Jared Caleb Christensen and Dr. Scott D. Grimshaw, Statistics

The Shewhart control chart is the most common statistical process control (SPC) tool used to determine stability. One fundamental assumption of the Shewhart chart is that the output comes from a single, continuous stream. This implies the monitoring of a single source of variation. Filling machines at many beverage plants violate this assumption because there are central filling units with multiple heads filling individual bottles. The variability of the central filling units is the “natural, continuous variability” of the process in terms of a Shewhart chart. The heads add another source of variability. A different methodology needs to be implemented to effectively monitor both the process variability and the variability from each head. Different methods have been proposed to monitor both of these types of variability. This study examines the performance of multiple Shewhart charts, group control charts (with original and revised control limits), and a Hotelling’s T2 control chart using data from the BYU Creamery.

There must be some criteria in place to make judgments on the most correct control charting technique for multiple stream processes. This study uses two criteria to make judgments about the appropriateness of a control charting technique. The first criterion for all statistical techniques is the appropriateness of the assumptions and conclusions. If the assumptions cannot be met or the conclusions are incorrect, it is a poor judge of process control for multiple stream processes. Statistical correctness is the first criterion for any control charting method.

The second criterion for judging control chart methodologies is to factor in how they are used. Control charts were invented for manufacturing. One of the major constraints of the manufacturing environment is the need for simplicity because of the fast pace. The control chart needs to be easy to use in terms of calculations and data plotting, so it is a viable option for the manufacturing floor. The easy of use is the second criterion for the appropriateness of a control charting method. The calculations, data plotting, and control judgments need to be made quickly and, if possible, by hand.

The first tested technique was multiple Shewhart charts. Two control charts were created for each of the eight heads on the BYU Creamery’s filling machine (1). The deviation from nominal was monitored. This technique did not work. First, the multiple Shewhart charts did not properly take into account the variation of the filling unit. Any change in the amount of milk in a bottle was attributed to the specific filling head, not the head and the filling unit. Also, sixteen different charts need to be maintained. This made the calculations and data plotting particularly difficult.

The second technique was the group control chart. Two control charts were created for the central filling unit and the eight heads (1). The maximum and minimum average deviation and maximum range were used to determine stability. This technique required similar calculations to the multiple Shewhart charts, but only two charts were needed. This made the data plotting much easier. The group chart also correctly accounted for the variation in the central filling unit and the eight heads, but the limits were calculated using an incorrect model. The standard values for a single controlled parameter were used to calculate the control limits for a group control chart. These standard values 59 are based on a single Normal distribution, while the plotted data was based on eight separate Normal distributions. A different technique is needed.

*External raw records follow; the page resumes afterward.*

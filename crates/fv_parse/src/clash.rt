// Static errors in a list of definitions, rules or names.

ghost use Rattle.std.specs.Prelude.{◌≡◌, ◌<◌, [], IfOk};
ghost use Rattle.fv_parse.specs.headline.StaticErrors.{kind_order, comes_first, earlier, clash, clash_with, first_clash, differing, rule_widths};

use crate::definitions::Defined;
use crate::parsed::text_of;
use fv_lex::Tokens;
use std::alloc::{AllocError, Global};
use std::collections::BTreeMap;

/// What kind of error it is.
#[derive(Clone, Copy, Debug)]
pub(crate) enum ErrorKind {
    Redefined,
    Repeated,
    Widths,
}

/// What is wrong, and the number of the token where it is.
#[derive(Clone, Copy, Debug)]
pub(crate) struct StaticError {
    pub(crate) token: u64,
    pub(crate) kind: ErrorKind,
}

/// What the names of a list are.
#[derive(Clone, Copy, Debug)]
pub(crate) enum Among {
    /// Names of definitions.
    Definitions,
    /// Names of parameters.
    Names,
}

fn kind_order(kind: ErrorKind) -> u8
    ensures { result ≡ kind_order kind }
{
    match kind {
        ErrorKind::Redefined => 0,
        ErrorKind::Repeated => 1,
        ErrorKind::Widths => 2,
    }
}

fn comes_first(a: StaticError, b: StaticError) -> bool
    ensures { result ≡ comes_first a b }
{
    a.token < b.token || (a.token == b.token && kind_order(a.kind) <= kind_order(b.kind))
}

/// The first of two errors, at one token in the order of the kinds.
pub(crate) fn earlier(a: Option<StaticError>, b: Option<StaticError>) -> Option<StaticError>
    ensures { result ≡ earlier a b }
{
    match a {
        None => b,
        Some(x) => match b {
            None => Some(x),
            Some(y) => { if comes_first(x, y) { Some(x) } else { Some(y) } }
        },
    }
}

/// The error of a definition whose name stood before. The first definition of that name has `width` patterns.
fn clash(among: Among, defined: Defined, width: u64) -> Option<StaticError>
    ensures { result ≡ clash among defined width }
{
    let kind = match among {
        Among::Names => ErrorKind::Repeated,
        Among::Definitions => {
            if defined.width == 0 || width == 0 {
                ErrorKind::Redefined
            } else if width == defined.width {
                return None;
            } else {
                ErrorKind::Widths
            }
        }
    };
    Some(StaticError {
        token: defined.name,
        kind,
    })
}

fn clash_with(among: Among, defined: Defined, found: Option<u64>) -> Option<StaticError>
    ensures { result ≡ clash_with among defined found }
{
    match found {
        None => None,
        Some(width) => clash(among, defined, width),
    }
}

/// The first definition that clashes with an earlier one.
pub(crate) fn first_clash(
    alloc: Global,
    among: Among,
    tokens: &Tokens,
    list: &[Defined],
) -> Result<Option<StaticError>, AllocError>
    ensures { IfOk result (λ o. o ≡ first_clash among tokens.now [] list.now) }
{
    let mut seen: BTreeMap<&[u8], u64> = BTreeMap::new(alloc);
    for i in 0..list.len() {
        let defined = list[i];
        let name = text_of(tokens, defined.name);
        let found = seen.get(&name).copied();
        if let Some(error) = clash_with(among, defined, found) {
            return Ok(Some(error));
        }
        let first = found.unwrap_or(defined.width);
        seen.insert(name, first)?;
    }
    Ok(None)
}

/// The first rule that has another number of patterns than this.
fn differing(width: u64, rules: &[Defined]) -> Option<StaticError>
    ensures { result ≡ differing width rules.now }
{
    for rule in rules {
        if rule.width != width {
            return Some(StaticError {
                token: rule.name,
                kind: ErrorKind::Widths,
            });
        }
    }
    None
}

/// The first rule that has another number of patterns than the first one.
pub(crate) fn rule_widths(rules: &[Defined]) -> Option<StaticError>
    ensures { result ≡ rule_widths rules.now }
{
    match rules {
        [] => None,
        [first, rest @ ..] => differing(first.width, rest),
    }
}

The eight Normal distributions suggest a multivariate approach. The Hotelling’s T2 control chart was used (1). The control limits were based on the eight Normal distributions, which solved the statistical problem mentioned above. Two new problems arose, though. The Hotelling’s T2 statistic requires a large number of calculations. This statistic could not be easily calculated by hand. A computer is required and many companies do not have a computer directly linked to their data collection. The second problem was identifying the cause of the out-of-control point. A single head could not be readily identified without decomposing the statistic that took a computer to compute. This technique cannot solve all the dilemmas of modern manufacturing, though it is a statistically correct technique.

New standard values for control limit calculations were created for the group control chart (2). These values took into account the additional distributions as more heads are added to a central filling unit. This answer combined the best of both worlds. It is statistically equivalent to the Hotelling’s T2 chart, but is as easy to use as the group control chart. Figure 1 shows the original and revised control limits for the averages. The maximum and minimum averages are plotted and the head number is noted for both the maximum and minimum. Judgments of stability are made using the control limits and by a run of five observations of the same head as the maximum or minimum. This is the best technique to use for SPC on multiple stream processes.

References

1. Montgomery, Douglas C. 1996. pp. 181-211, 358-374. Introduction to Statistical Quality Control. John Wiley & Sons, Inc., New York.
2. Grimshaw S.D., Bryce G.R., and Meade, D.J. (1997). “Control Limits for Group Charts.” Submitted to Journal of Quality Technology.